Data extracts Block Start

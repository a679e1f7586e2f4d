// The calls on the record alone: limits, refusals and their order, determined columns.
// A line is the call with the number of the case, and the answer: done, or the refusal's number, or a set of columns (bit c for column c) and its size.
// Relation 0 is R with columns a, b, and relation 1 is S with columns a, b, c.
use example_parts::queries;
use query::{Cell, Dependency, Entry, JoinDependency, NO_DEPENDENCY, Query};
use record::{Outcome, Record};
use std::io;

// Writes an answer, and hands on the record.
fn answer(rt: &impl Print, outcome: Outcome) -> io::Result<Record> {
    match outcome.answer {
        Ok(()) => println!(rt; "done")?,
        Err(refusal) => println!(rt; "{}", u8::from(refusal))?,
    }
    Ok(outcome.record)
}

// Open with 0 to 9 widths.
fn open_counts(rt: &impl Print) -> io::Result<()> {
    let widths = [1; 9];
    for n in 0..10 {
        print!(rt; "open, widths {n}: ")?;
        answer(rt, record_calls::open(&widths[..n]))?;
    }
    Ok(())
}

// Open with a width of 0 to 9.
fn open_widths(rt: &impl Print) -> io::Result<()> {
    for w in 0..10 {
        print!(rt; "open, width {w}: ")?;
        answer(rt, record_calls::open(&[2, w]))?;
    }
    Ok(())
}

// The queries of the cases, each with an empty head and one row R(0, 0) but for what is said of it.
fn cases() -> [Query; 16] {
    let seven = Cell {
        entry: Entry::Constant(7),
    };
    let mut one = Query::never(0);
    one.size = 1;
    let mut cases = [one; 16];
    // as many rows as there is room for, and one more
    cases[0].size = 12;
    cases[1].size = 13;
    // the last variable, and the one after it
    cases[2].cells[0].entry = Entry::Variable(95);
    cases[3].cells[0].entry = Entry::Variable(96);
    // the last constant, and the one after it
    cases[4].cells[0].entry = Entry::Constant(2147483647);
    cases[5].cells[0].entry = Entry::Constant(2147483648);
    // never, head length 0
    cases[6] = Query::never(0);
    // past the row's columns
    cases[7].cells[2] = seven;
    // past the rows
    cases[8].cells[8] = seven;
    cases[9].relations[11] = 1;
    // past the head
    cases[10].head[0] = seven;
    // a head too long
    cases[11].arity = 9;
    // an unknown relation
    cases[12].relations[0] = 2;
    // a head variable in no row
    cases[13].arity = 1;
    cases[13].head[0].entry = Entry::Variable(1);
    // never with head length 8, as it is and with a head entry
    cases[14] = Query::never(8);
    cases[15] = Query::never(8);
    cases[15].head[0] = seven;
    cases
}

// Put the query of each case at a place. Where the record is good and the place vacant, 5 is given for 1, 3, 5, 7 to 12 and 15, and 6 for 13.
fn puts(rt: &impl Print, r: Record, place: usize) -> io::Result<()> {
    for (case, q) in cases().iter().enumerate() {
        print!(rt; "put {case}: ")?;
        answer(rt, r.put(place, *q))?;
    }
    Ok(())
}

// Drop places 0 to 9.
fn drops(rt: &impl Print, r: Record) -> io::Result<()> {
    for place in 0..10 {
        print!(rt; "drop {place}: ")?;
        answer(rt, record_calls::drop_query(r, place))?;
    }
    Ok(())
}

// a to b of S, b to c of S, dependencies without a left column, and some that are refused.
fn dependencies() -> [Dependency; 9] {
    let a_to_b = Dependency {
        relation: 1,
        left: 1,
        right: 1,
    };
    [
        a_to_b,
        // b to c
        Dependency {
            left: 2,
            right: 2,
            ..a_to_b
        },
        // an unknown relation
        Dependency {
            relation: 2,
            ..a_to_b
        },
        // b of S never varies
        Dependency { left: 0, ..a_to_b },
        // left column 3
        Dependency { left: 8, ..a_to_b },
        // right column 3
        Dependency { right: 3, ..a_to_b },
        // a of R never varies: zeros, which are a dependency where they are counted
        NO_DEPENDENCY,
        // an unknown relation, without a left column
        Dependency {
            relation: 2,
            ..NO_DEPENDENCY
        },
        // right column 2 of R, without a left column
        Dependency {
            right: 2,
            ..NO_DEPENDENCY
        },
    ]
}

// Add the dependency of each case. Where the record is good, 4 is given for 2, 4, 5, 7 and 8; the others are added, or give 13 where 32 are held.
fn adds(rt: &impl Print, r: Record) -> io::Result<()> {
    for (case, d) in dependencies().iter().enumerate() {
        print!(rt; "add {case}: ")?;
        answer(rt, r.add_dependency(*d))?;
    }
    Ok(())
}

// The record with b to c and a to b added 16 times each, so that 32 are held.
fn full(rt: &impl Print, r: Record) -> io::Result<Record> {
    let dependencies = dependencies();
    let mut grown = r;
    // Kept as it is: case numbers what is printed and says which of two is added.
    for case in 0..32usize {
        print!(rt; "add to {case}: ")?;
        grown = answer(rt, grown.add_dependency(dependencies[1 - case % 2]))?;
    }
    Ok(grown)
}

// The record with b to c, and b and the a of R that never vary.
fn unvarying(r: Record) -> Record {
    let dependencies = dependencies();
    let mut grown = r;
    for case in [1, 3, 6] {
        grown = grown.add_dependency(dependencies[case]).record;
    }
    grown
}

// a b and b c of S, the same with two sets more, and join dependencies that are refused.
fn join_dependencies() -> [JoinDependency; 9] {
    let two = JoinDependency {
        relation: 1,
        count: 2,
        sets: [3, 6, 0, 0],
    };
    [
        two,
        // b c once more, and a
        JoinDependency {
            count: 4,
            sets: [3, 6, 6, 1],
            ..two
        },
        // an unknown relation
        JoinDependency { relation: 2, ..two },
        // one set, of all columns
        JoinDependency {
            count: 1,
            sets: [7, 0, 0, 0],
            ..two
        },
        // five sets
        JoinDependency { count: 5, ..two },
        // an empty set
        JoinDependency {
            sets: [0, 6, 0, 0],
            ..two
        },
        // column 3
        JoinDependency {
            sets: [11, 6, 0, 0],
            ..two
        },
        // a in no set
        JoinDependency {
            sets: [2, 6, 0, 0],
            ..two
        },
        // past the sets
        JoinDependency {
            sets: [3, 6, 1, 0],
            ..two
        },
    ]
}

// Add the join dependency of each case. Where the record is good and holds fewer than 4, 15 is given for 2 to 8.
// Kept as it is: `adds` calls another method with cases of another type, and a closure for both would take as many lines.
fn joins(rt: &impl Print, r: Record) -> io::Result<()> {
    for (case, j) in join_dependencies().iter().enumerate() {
        print!(rt; "join {case}: ")?;
        answer(rt, r.add_join(*j))?;
    }
    Ok(())
}

// The record with the first two join dependencies added twice each, so that 4 are held.
// Kept as it is: `full` calls another method with cases of another type, as `adds` does.
fn joined(rt: &impl Print, r: Record) -> io::Result<Record> {
    let dependencies = join_dependencies();
    let mut grown = r;
    // Kept as it is: case numbers what is printed and says which of two is added.
    for case in 0..4usize {
        print!(rt; "join to {case}: ")?;
        grown = answer(rt, grown.add_join(dependencies[case % 2]))?;
    }
    Ok(grown)
}

// The columns of a relation that each of its sets, and the empty one, determines.
fn determined(rt: &impl Print, r: Record, relation: u8) -> io::Result<()> {
    for left in 0..9 {
        print!(rt; "determined by {left}: ")?;
        match record_calls::determined(r, relation, left) {
            Ok(columns) => println!(rt; "set {}, columns {}", columns.set, columns.count)?,
            Err(refusal) => println!(rt; "{}", u8::from(refusal))?,
        }
    }
    Ok(())
}

pub fn all(rt: &impl Print) -> io::Result<()> {
    open_counts(rt)?;
    open_widths(rt)?;
    let r = record_calls::open(&[2, 3]).record;
    puts(rt, r, 0)?;
    puts(rt, r, 8)?;
    adds(rt, r)?;
    joins(rt, r)?;
    let filled = queries::put(r, 7, cases()[0]);
    puts(rt, filled, 7)?;
    drops(rt, filled)?;
    let grown = full(rt, r)?;
    adds(rt, grown)?;
    determined(rt, grown, 1)?;
    determined(rt, grown, 0)?;
    determined(rt, grown, 2)?;
    let never_varies = unvarying(r);
    determined(rt, never_varies, 1)?;
    determined(rt, never_varies, 0)?;
    let four = joined(rt, grown)?;
    joins(rt, four)?;
    adds(rt, four)?;
    determined(rt, four, 1)?;
    let broken = queries::spoilt(r);
    puts(rt, broken, 8)?;
    drops(rt, broken)?;
    adds(rt, broken)?;
    joins(rt, broken)?;
    determined(rt, broken, 1)
}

Data extracts Block End

**Exercise**
Look through the listing and extract every line with "done" in it.

**Task result**
// A line is the call with the number of the case, and the answer: done, or the refusal's number, or a set of columns (bit c for column c) and its size.
        Ok(()) => println!(rt; "done")?,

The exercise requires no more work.